#### Work request
Across all the records, filter for lines with the word "outcome" and copy them.

(Beginning of Record extracts)

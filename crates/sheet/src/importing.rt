// Import: the records of a web leaflet in place of a slot's.
ghost use Rattle.std.specs.Prelude.{◌≡◌};
ghost use Rattle.rules.specs.Refusals.{edit_says, as_edit, on_slot};
ghost use Rattle.rules.specs.Numbers.{edit_answer_from};
ghost use Rattle.sheet.specs.Import.{replace_slot, import as importOf};
ghost use Rattle.sheet.specs.Told.{import_number, import_place, import_answer_from};
ghost use Rattle.sheet.specs.Told.{IsImportAnswerOf, IsNoLeaflet, IsRefusedImport};

use crate::entry::{Clinic, SlotNumber, slot_range};
use leaflet::{Fault, ROOM, read_leaflet};
use rules::layout::RECORD_COUNT;
use rules::{Edited, Refusal};
use slot::edit_slot;

/// An import's answer, as C sees it. A type of its own: the byte offset that 17 names may be beyond 32 bits.
#[repr(C)]
#[derive(Clone, Copy, Debug, PartialEq, Eq)]
pub struct ImportAnswer {
    pub number: u32,
    pub redone: u32,
    pub place: usize,
}

/// Why an import is refused: by its text alone, or as the edit that it is.
#[derive(Clone, Copy, Debug, PartialEq, Eq)]
pub(crate) enum ImportRefusal {
    NoLeaflet { at: usize },
    Edit(Refusal),
}

impl ImportRefusal {
    /// The number that callers are told.
    pub(crate) fn number(self) -> u32
        ensures { result ≡ import_number self }
    {
        match self {
            ImportRefusal::NoLeaflet { .. } => 17,
            ImportRefusal::Edit(refusal) => refusal.number(),
        }
    }

    /// The place that goes with it: of a text that is no leaflet, a byte offset.
    pub(crate) fn place(self) -> usize
        ensures { result ≡ import_place self }
    {
        match self {
            ImportRefusal::NoLeaflet { at } => at,
            ImportRefusal::Edit(refusal) => refusal.place() as usize,
        }
    }
}

impl From<Fault> for ImportRefusal {
    ghost from_gives = { IsNoLeaflet };

    fn from(fault: Fault) -> ImportRefusal {
        ImportRefusal::NoLeaflet { at: fault.at }
    }
}

impl From<Refusal> for ImportRefusal {
    ghost from_gives = { IsRefusedImport };

    fn from(refusal: Refusal) -> ImportRefusal {
        ImportRefusal::Edit(refusal)
    }
}

impl From<Result<Edited, ImportRefusal>> for ImportAnswer {
    ghost from_gives = { IsImportAnswerOf };

    fn from(outcome: Result<Edited, ImportRefusal>) -> ImportAnswer {
        match outcome {
            Ok(edited) => ImportAnswer {
                number: 0,
                redone: edited.redone,
                place: edited.lines as usize,
            },
            Err(refusal) => ImportAnswer {
                number: refusal.number(),
                redone: 0,
                place: refusal.place(),
            },
        }
    }
}

/// Replaces all of a slot's records.
#[tactic(auto, using(crate::proofs::EntryLaws::on_refusal))]
fn replace_all(
    sheet: &mut [u32],
    caller: Clinic,
    slot: SlotNumber,
    inserted: &[u32],
) -> Result<Edited, Refusal>
    ensures { (edit_answer_from result, sheet.new)
        ≡ on_slot as_edit sheet.old caller.0 slot.0 (λ s. replace_slot s inserted.now) }
{
    let range = slot_range(sheet, caller, slot)?;
    let count = sheet[range.start + RECORD_COUNT];
    // unpacked and packed anew, as in `editing::replace`
    let edited = edit_slot(&mut sheet[range], 0, count, inserted)?;
    Ok(edited)
}

/// Replaces them by those of a leaflet.
fn replace_by_text(
    sheet: &mut [u32],
    caller: Clinic,
    slot: SlotNumber,
    size: u32,
    text: &[u8],
) -> Result<Edited, ImportRefusal>
    ensures { (import_answer_from result, sheet.new) ≡ importOf sheet.old caller.0 slot.0 size text.now }
{
    let mut words = [0u32; ROOM];
    let n = read_leaflet(text, size, &mut words)?;
    let edited = replace_all(sheet, caller, slot, &words[..n])?;
    Ok(edited)
}

/// Replaces all of a slot's records by those of a leaflet, composes the slot anew, and reports how many of its lines
/// that redid. The text is judged before anything else is looked at.
pub fn import(
    sheet: &mut [u32],
    caller: Clinic,
    slot: SlotNumber,
    size: u32,
    text: &[u8],
) -> ImportAnswer
    ensures { (edit_says result.number result.place result.redone, sheet.new)
        ≡ importOf sheet.old caller.0 slot.0 size text.now }
{
    replace_by_text(sheet, caller, slot, size, text).into()
}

(End of Record extracts)

#### Answer to this exercise
    fn from(outcome: Result<Edited, ImportRefusal>) -> ImportAnswer {
        match outcome {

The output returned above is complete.